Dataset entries
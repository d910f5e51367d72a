// The channels of all senders.
ghost use Rattle.std.specs.Prelude.{◌≡◌, true, ◌≢◌, ◌<◌, ◌≤◌, [], ◌∷◌, ◌++◌, None, drop, length, IfOk, IfSome, OnOk, OnErr, option_map};
ghost use Rattle.std.specs.List.{AllWithin, HoldsAt};
ghost use Rattle.std.specs.List.Sorted.{IsStrictlySortedBy};
ghost use Rattle.std.specs.Map.{keys_of};
ghost use Rattle.world_model.specs.Signals.{first_of};
ghost use Rattle.proc_signals.specs.Channels.{between, signals_in, IsChangedBetween, TakesFrom, order_of_pairs};
ghost use Rattle.proc_signals.specs.Signal.{signal_of};

use crate::channel::Channel;
use crate::signal::Signal;
use std::alloc::{AllocError, Global};
use std::cmp::Ordering;
use std::hash::Hasher;
use std::marker::Model;
use term_core::Pid;

/// How many channels are looked through from the front; where there are more, one is found by binary search.
const FEW: usize = 8;

/// The channels that are not empty, by sender and then by receiver. Contracts see each under its sender and
/// its receiver.
#[derive(Drop)]
pub(crate) struct Senders {
    channels: Vec<Channel>,
}

impl Model for Senders {
    ghost use Rattle.std.specs.Prelude.{ℕ, List};
    ghost use Rattle.std.specs.Coded.{coded_list};
    ghost use Rattle.std.specs.List.Sorted.{IsStrictlySortedBy};
    ghost use Rattle.std.specs.Map.{keys_of};
    ghost use Rattle.proc_signals.specs.Channels as seen;
    ghost use Rattle.proc_signals.specs.inside.SignalCodes.{coded_channel};

    ghost Value = { List ((List ℕ × List ℕ) × seen.Queue) };

    ghost coded = { coded_list coded_channel };

    ghost view = { λ s. s.channels.items };

    ghost invariant = { λ s. IsStrictlySortedBy seen.order_of_pairs (keys_of s.channels.items) };
}

impl Clone for Senders {
    ghost is_clone = { λ a b. b ≡ a };

    /// The same channels, shared, with room for one more, or `AllocError` if there is no memory for it.
    fn clone(&self) -> Result<Senders, AllocError> {
        let mut channels = Vec::with_capacity(*self.channels.allocator(), self.channels.len() + 1)?;
        for channel in self.channels.as_slice() {
            channels.push(channel.copy()?)?;
        }
        Ok(Senders { channels })
    }
}

// Where the channel from one process to another is or is put in: after those that come before it.
fn room_of(channels: &[Channel], from: &Pid, to: &Pid) -> usize
    requires { IsStrictlySortedBy order_of_pairs (keys_of channels.now) }
    ensures within { result ≤ length channels.now }
    ensures before { AllWithin (λ channel. order_of_pairs channel.0 (from.now, to.now) ≡ Ordering.Less) channels.now 0 result }
    ensures behind { result < length channels.now → HoldsAt (λ channel. order_of_pairs channel.0 (from.now, to.now) ≢ Ordering.Less) channels.now result }
{
    channels.partition_point(|channel| channel.is_before(from, to))
}

// Where the channel from one process to another is, if it is not empty, found by binary search.
fn place_by_halves(channels: &[Channel], from: &Pid, to: &Pid) -> Option<usize>
    requires { IsStrictlySortedBy order_of_pairs (keys_of channels.now) }
    ensures within { IfSome result (λ at. at < length channels.now) }
    ensures there { IfSome result (HoldsAt (λ channel. channel.0 ≡ (from.now, to.now)) channels.now) }
    ensures none { result ≡ None → between channels.now from.now to.now ≡ [] }
{
    let at = room_of(channels, from, to);
    if at < channels.len() && channels[at].is_between(from, to) {
        return Some(at);
    }
    None
}

// Where the channel from one process to another is, if it is not empty.
fn place_of(channels: &[Channel], from: &Pid, to: &Pid) -> Option<usize>
    requires { IsStrictlySortedBy order_of_pairs (keys_of channels.now) }
    ensures within { IfSome result (λ at. at < length channels.now) }
    ensures there { IfSome result (HoldsAt (λ channel. channel.0 ≡ (from.now, to.now)) channels.now) }
    ensures none { result ≡ None → between channels.now from.now to.now ≡ [] }
{
    if channels.len() > FEW {
        return place_by_halves(channels, from, to);
    }
    for at in 0..channels.len() {
        if channels[at].is_between(from, to) {
            return Some(at);
        }
    }
    None
}

impl Senders {
    /// No channels. It takes no memory.
    pub(crate) fn new(alloc: Global) -> Senders
        ensures { result ≡ [] }
    {
        Senders {
            channels: Vec::new(alloc),
        }
    }

    // The channel from one process to another, if it is not empty.
    fn channel(&self, from: &Pid, to: &Pid) -> Option<&Channel>
        ensures pair { IfSome result (λ channel. channel.now.0 ≡ (from.now, to.now)) }
        ensures signals { IfSome result (λ channel. signals_in channel.now.1 ≡ between self.now from.now to.now) }
        ensures none { result ≡ None → between self.now from.now to.now ≡ [] }
    {
        let channels = self.channels.as_slice();
        match place_of(channels, from, to) {
            Some(at) => Some(&channels[at]),
            None => None,
        }
    }

    /// Whether the two have the same signals on their way from one process to another. It takes no memory.
    pub(crate) fn is_same_between(&self, from: &Pid, to: &Pid, other: &Senders) -> bool
        ensures { result ≡ true → between self.now from.now to.now ≡ between other.now from.now to.now }
    {
        match (self.channel(from, to), other.channel(from, to)) {
            (Some(left), Some(right)) => left.is_same(right),
            (None, None) => true,
            _ => false,
        }
    }

    /// Feeds a hasher with the signals on their way from one process to another: the same where these are the same. It
    /// takes no memory.
    pub(crate) fn feed_between<H: Hasher>(&self, from: &Pid, to: &Pid, state: &mut H) {
        match self.channel(from, to) {
            Some(channel) => {
                state.write_u8(1);
                channel.feed_signals(state);
            }
            None => state.write_u8(0),
        }
    }

    /// The oldest signal on its way from one process to another.
    pub(crate) fn front(&self, from: &Pid, to: &Pid) -> Option<&Signal>
        ensures { option_map (λ signal. signal_of signal.now) result ≡ first_of (between self.now from.now to.now) }
    {
        let channels = self.channels.as_slice();
        match place_of(channels, from, to) {
            Some(at) => Some(channels[at].oldest()),
            None => None,
        }
    }

    /// Puts a signal after those on their way from one process to another, or `AllocError` if there is no memory for
    /// it.
    pub(crate) fn send(
        &mut self,
        alloc: Global,
        from: &Pid,
        to: &Pid,
        signal: Signal,
    ) -> Result<(), AllocError>
        ensures ok { OnOk result (IsChangedBetween from.now to.now (λ signals. signals ++ signal_of signal ∷ []) self.old self.new) }
        ensures err { OnErr result (self.new ≡ self.old) }
    {
        if let Some(at) = place_of(self.channels.as_slice(), from, to) {
            self.channels[at].push(signal)?;
            return Ok(());
        }
        self.open(alloc, from, to, signal)?;
        Ok(())
    }

    // Begins the channel from one process to another with a signal.
    fn open(
        &mut self,
        alloc: Global,
        from: &Pid,
        to: &Pid,
        signal: Signal,
    ) -> Result<(), AllocError>
        requires { between self.old from.now to.now ≡ [] }
        ensures ok { OnOk result (IsChangedBetween from.now to.now (λ signals. signals ++ signal_of signal ∷ []) self.old self.new) }
        ensures err { OnErr result (self.new ≡ self.old) }
    {
        let channel = Channel::of(alloc, from, to, signal)?;
        let at = room_of(self.channels.as_slice(), from, to);
        self.channels.insert(at, channel)?;
        Ok(())
    }

    /// Takes out the oldest signal on its way from one process to another, if there is one, or `AllocError` if
    /// there is no memory for it.
    pub(crate) fn take_front(&mut self, from: &Pid, to: &Pid) -> Result<Option<Signal>, AllocError>
        ensures taken { IfOk result (λ taken. option_map signal_of taken ≡ first_of (between self.old from.now to.now)) }
        ensures ok { OnOk result (IsChangedBetween from.now to.now (drop 1) self.old self.new) }
        ensures err { OnErr result (self.new ≡ self.old) }
    {
        let Some(at) = place_of(self.channels.as_slice(), from, to) else {
            return Ok(None);
        };
        if self.channels[at].is_single() {
            let signal = self.channels[at].oldest().copy()?;
            drop(self.channels.remove(at));
            return Ok(Some(signal));
        }
        let signal = self.channels[at].take_oldest()?;
        Ok(Some(signal))
    }

    /// Takes over the signals on their way from one process to another from other channels, with which it shares them
    /// then. `AllocError` if there is no memory for it or their copies can no longer be counted.
    pub(crate) fn take_from(
        &mut self,
        from: &Pid,
        to: &Pid,
        other: &Senders,
    ) -> Result<(), AllocError>
        ensures ok { OnOk result (TakesFrom from.now to.now other.now self.old self.new) }
        ensures err { OnErr result (self.new ≡ self.old) }
    {
        match other.channel(from, to) {
            Some(channel) => self.put(from, to, channel.copy()?)?,
            None => self.close(from, to),
        }
        Ok(())
    }

    // Puts the channel from one process to another in place of the one that is there, if there is one.
    fn put(&mut self, from: &Pid, to: &Pid, channel: Channel) -> Result<(), AllocError>
        requires { channel.0 ≡ (from.now, to.now) }
        ensures ok { OnOk result (IsChangedBetween from.now to.now (λ _. signals_in channel.1) self.old self.new) }
        ensures err { OnErr result (self.new ≡ self.old) }
    {
        if let Some(at) = place_of(self.channels.as_slice(), from, to) {
            self.channels[at] = channel;
            return Ok(());
        }
        let at = room_of(self.channels.as_slice(), from, to);
        self.channels.insert(at, channel)?;
        Ok(())
    }

    // Removes the channel from one process to another, if it is not empty.
    fn close(&mut self, from: &Pid, to: &Pid)
        ensures { IsChangedBetween from.now to.now (λ _. []) self.old self.new }
    {
        if let Some(at) = place_of(self.channels.as_slice(), from, to) {
            drop(self.channels.remove(at));
        }
    }

    /// The pairs whose channel is not empty, by sender and then by receiver.
    pub(crate) fn pairs(&self, alloc: Global) -> Result<Vec<(Pid, Pid)>, AllocError>
        ensures listed { IfOk result (λ pairs. pairs.items ≡ keys_of self.now) }
        ensures ordered { OnOk result (IsStrictlySortedBy order_of_pairs (keys_of self.now)) }
    {
        let mut pairs = Vec::new(alloc);
        for channel in self.channels.as_slice() {
            pairs.push((channel.from().copy()?, channel.to().copy()?))?;
        }
        Ok(pairs)
    }
}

__Problem details__:
Transcribe exactly, and only, the lines from the one with "pairs.push((channel.from().copy()?, channel.to().copy()?))?;" through the last line of the data.

__Result of this task__:
            pairs.push((channel.from().copy()?, channel.to().copy()?))?;
        }
        Ok(pairs)
    }
}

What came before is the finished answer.